09 December, 2009

Coffee

Learned about making coffee last night.
All drink knowledge tend to be very nerdy with silly details and insider only knowledge.
Maybe that's why it intrigues me. =)
Now I want to learn about bartending. Or actually just making drinks, to actually "tend a bar" is not the point for me. But I'm not going to be that nerdy that I call it mixology. ;)

Food knowledge seems to make more sense to me. As soon as it's liquid I have a little bit harder to grasp it, (yes, it's a bit of an ironic metaphor) but I'm guessing it's basically the same when it comes down to it.
Very interesting to learn!

Want to know moooore now!

03 December, 2009

Swedish cookies

Cooooookies from Ikea, nam nam nam, (havreflarn, pepparkakor). Slooowly decorating the tree...a few things every time I pass... Most of the other Christmas stuff already up...so pretty. Done lots of laundry today. Took a walk taking photos this morning. After a night of dancing. Will post in a near future. (Tonight? Tomorrow? Next week?) A little bit busy. Going to have a housewarming party this weekend so trying to do the finishing touches to the apartment...and the Christmas decorations.

Joined Google Wave today. Don't know how to use it yet or what to use it for...but I'm going to figure it out.

Want to see a picture of how I look right now? Here it is:



02 December, 2009

Everyone is a little entitled to some late night anxiety right? Referring to the friend post... In Sweden we call it the wolf hour. Ouwouwoooouuuu!
Now everything feels much better again! And as you can see yesterday was a fun day. Everybody was extremly nice, suprisingly helpful...from busdrivers in Brooklyn to another security guard to Ikea customers...(except the employees just because they didn't know more than us.)

Really...?

Security gard: Ooh I've never met sweedes before! 
Me: Really...? 
Sec guard: Never. 
Me: ...But you work at Ikea!?

Friends...

I hate coming out from a period of being sick. The world around you has forgotten about you.

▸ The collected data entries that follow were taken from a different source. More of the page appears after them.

//! `shark_merge`: writes the frames of capture files in the order of their times, as one capture file.
#![tactic(auto)]

mod edge;
mod help;

use edge::{answer, without_words};
use merge_caps::{MergeStatus, merge};
use pk_outside::{FileCapture, Sink, StdSink, SureSink};
use run_texts::end_run;
use std::env;
use std::io::{self, BufWriter};
use std::process::ExitCode;

/// The words behind the program's name.
fn words(rt: &HostRuntime) -> io::Result<Vec<String>> {
    Ok(env::args(rt)?.skip(1).collect(rt.alloc())?)
}

/// The bytes of output that are gathered before they are written.
const GATHERED: usize = 1 << 16;

/// Answers the words by itself, or does what they ask for. What is to be told waits until the output is written.
fn number_of(rt: &HostRuntime, words: &[String]) -> u8 {
    let mut stream = match BufWriter::with_capacity(rt.alloc(), GATHERED, rt.stdout()) {
        Ok(stream) => stream,
        Err(_) => return MergeStatus::NoMemory.exit_number(),
    };
    let mut out = StdSink::new(&mut stream);
    let mut told = SureSink::new(rt.alloc());
    let status = status_over(rt, words, &mut out, &mut told);
    let mut err = StdSink::new(rt.stderr());
    end_run(&mut out, &told, &mut err, status.exit_number())
}

fn status_over<O: Sink, E: Sink>(
    rt: &HostRuntime,
    words: &[String],
    out: &mut O,
    told: &mut E,
) -> MergeStatus {
    if let Some(status) = answer(words, out) {
        return status;
    }
    let mut capture = FileCapture::new(rt);
    merge(rt.alloc(), words, &mut capture, out, told)
}

fn main(rt: HostRuntime) -> ExitCode {
    let number = match words(&rt) {
        Ok(words) => number_of(&rt, words.as_slice()),
        Err(error) => { without_words(error.kind(), &mut StdSink::new(rt.stderr())).exit_number() }
    };
    ExitCode::from(number)
}
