/// The text of `--help`.
pub(crate) const HELP: &str = "\
shark_merge writes the frames of capture files in the order of their times, as one capture file.

Usage: shark_merge [-F pcap | -F pcapng] FILE...

  -F FORMAT    the format of what is written: pcapng, which is the default, or pcap, with times in nanoseconds
  FILE         a capture file, pcap or pcapng; 1 to 16 of them
  --help       this text, where it is the only word
  --version    the version, where it is the only word

The file goes to standard output, and nothing of it before all files are read. Frames of the same time stand in the order
of the files; a frame without a time stands behind those before it in its file.

  shark_merge monday.pcap tuesday.pcapng > both.pcapng
  shark_merge -F pcap a.pcap b.pcap > both.pcap

The exit status is 0 where all files were read and all frames written, and else says what went wrong: 1 bad words,
4 can't open, 5 read fault, 6 damaged file, 7 files too large, 8 write fault, 9 no memory, 10 a frame that doesn't fit.
A line on standard error says more.
";
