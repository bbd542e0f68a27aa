// What the program answers by itself, before its run.
use crate::help::HELP;
use merge_caps::MergeStatus;
use pk_outside::{Sink, SinkFault, write_whole};
use std::io::ErrorKind;

const VERSION: &str = "shark_merge 0.4.0\n";

const NOT_UTF8: &str = "shark: words are not UTF-8\n";

/// Answers `--help` and `--version`, where one of them is the only word.
pub(crate) fn answer<O: Sink>(words: &[String], out: &mut O) -> Option<MergeStatus> {
    let text = match words {
        [word] if word.as_str() == "--help" => HELP,
        [word] if word.as_str() == "--version" => VERSION,
        _ => return None,
    };
    Some(match write_whole(out, text.as_bytes()) {
        Ok(()) => MergeStatus::Done,
        Err(SinkFault::Failed) => MergeStatus::WriteFault,
        Err(SinkFault::NoMemory) => MergeStatus::NoMemory,
    })
}

/// The status where the system gives no words, which is told unless memory is wanting.
pub(crate) fn without_words<E: Sink>(kind: ErrorKind, err: &mut E) -> MergeStatus {
    if kind == ErrorKind::OutOfMemory {
        return MergeStatus::NoMemory;
    }
    let _ = write_whole(err, NOT_UTF8.as_bytes());
    MergeStatus::BadWords
}
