// The live calls of a VAX run: each one's frame, and which bytes of the stack its control words take.
#![tactic(auto)]

pub mod frame;
pub mod frames;

pub use frame::Frame;
pub use frames::Frames;
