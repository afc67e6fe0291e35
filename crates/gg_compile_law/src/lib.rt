//! Laws of whole programs: the run of a compiled code follows the run of its trees.
#![tactic(auto)]

pub mod laws;
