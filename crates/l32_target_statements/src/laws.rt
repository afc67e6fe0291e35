// The law. The function does nothing; its clause is the law.
ghost use Rattle.l32_target_statements.specs.Laws.{StatementsStore};

/// The law: the lines of a statement that stores, pushes an argument, saves the last call's result or returns do that.
pub fn statements_store()
    ensures { StatementsStore }
{}
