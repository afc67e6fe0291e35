// The law. The function does nothing; its clause is the law.
ghost use Rattle.call_pieces.specs.Laws.{PiecesAreKept};

/// The law: a store into a piece of the stack changes what it writes, and nothing else of what the piece's call has.
pub fn pieces_are_kept()
    ensures { PiecesAreKept }
{}
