//! Statements of L32's templates that store, push, save and return do their deed.
#![tactic(auto)]

pub mod laws;
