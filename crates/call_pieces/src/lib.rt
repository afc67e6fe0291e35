//! The piece of the stack that a live call holds, on any machine, and what stores leave in it.
#![tactic(auto)]

pub mod laws;
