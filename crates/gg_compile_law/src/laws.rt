// The laws of whole programs. Each function does nothing; its clause is the law.
ghost use Rattle.gg_compile_law.specs.Laws.{StackHasRoom, ReturnsComeBack};
ghost use Rattle.gg_compile_law.specs.Programs.{CompiledFollow};
ghost use Rattle.gg_compile_law.specs.Areas.{BlocksHoldObjects};
ghost use Rattle.gg_compile_law.specs.Assembled.{AssembledFollow, SourceIsFollowed, FramesAreFunctionCodes};
ghost use Rattle.gg_compile_law.specs.Demo.{DemoFollows};
ghost use Rattle.gg_compile_law.specs.Spelling.{AreasAreBlocks};
ghost use Rattle.gg_compile_law.specs.Names.{CodeLabelsDiffer, MainStands};
ghost use Rattle.gg_compile_law.specs.Loaded.{AssembledLoads};
ghost use Rattle.gg_compile_law.specs.Written.{WrittenCodesLoad, WrittenCodesFollow};

/// The law: the stack has room for `ACTIVE_CALL_LIMIT` active calls.
pub fn stack_has_room()
    ensures { StackHasRoom }
{}

/// The law: behind a return the caller goes on, or the run is over.
pub fn returns_come_back()
    ensures { ReturnsComeBack }
{}

/// The law: the run of a code in which each function stands follows the run of the trees.
pub fn compiled_follow()
    ensures { CompiledFollow }
{}

/// The law: a data area of the objects' blocks holds the objects.
pub fn blocks_hold_objects()
    ensures { BlocksHoldObjects }
{}

/// The law: the run of a code that is assembled function by function follows the run of the trees, on every input.
pub fn assembled_follow()
    ensures { AssembledFollow }
{}

/// The law: what the run of the trees follows, as the run of a source, is followed by the run of the code.
pub fn source_is_followed()
    ensures { SourceIsFollowed }
{}

/// The law: the frame round a body that is the code of a function's items is the code of the function.
pub fn frames_are_function_codes()
    ensures { FramesAreFunctionCodes }
{}

/// The law: the code of one program follows it, with no premise left.
pub fn demo_follows()
    ensures { DemoFollows }
{}

/// The law: the data area that is spelled item by item, with a `.long` for each link, is the objects' blocks.
pub fn areas_are_blocks()
    ensures { AreasAreBlocks }
{}

/// The law: no label stands twice in the code of a valid program's functions, and none is a service's name.
pub fn code_labels_differ()
    ensures { CodeLabelsDiffer }
{}

/// The law: the code of a valid program's functions has a label for main.
pub fn main_stands()
    ensures { MainStands }
{}

/// The law: the code of a program loads, where its objects' labels are their own and its instructions name what is there.
pub fn assembled_loads()
    ensures { AssembledLoads }
{}

/// The law: a code that is written of a valid program loads.
pub fn written_codes_load()
    ensures { WrittenCodesLoad }
{}

/// The law: what the run of the trees follows, as the run of a source, is followed by the run of a code that is written of the program.
pub fn written_codes_follow()
    ensures { WrittenCodesFollow }
{}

I haven't had energy to get in touch with my friends, or even call them back. Never any good news or interesting things to tell makes it harder. You could argue that it's not real friends if they aren't staying through that....but at the same time I haven't been a good friend at all. Being sick is depressive. No energy for anything fun. Just comes with guilt, stress and anxiety. Thank God I'm not severely sick at least. Just "blame god" that I caught so many colds after each other this last year...Exhausting. And it's nothing you can be proud of so when I'm sick, I'm hiding.

Well I've been feeling well for a while now...trying to catch up with friends. Seeing who's still out there. It's rough. Some are sweet and understanding. Other's hurt but trying to be forgiving. Some have had so much going on themselves they're oblivious. Others have left.

Family's bound to stick around though. And here's a big Thank God, not only are they bound to, mine actually do =) Without my family I'd be nothing. They're the best friends I could ever wish for.

And having good friends...is the best things in life.

Living across the ocean far away from some of them doesn't make things easier at all. They probably think I've forgot about them. When in reality I miss them most of all.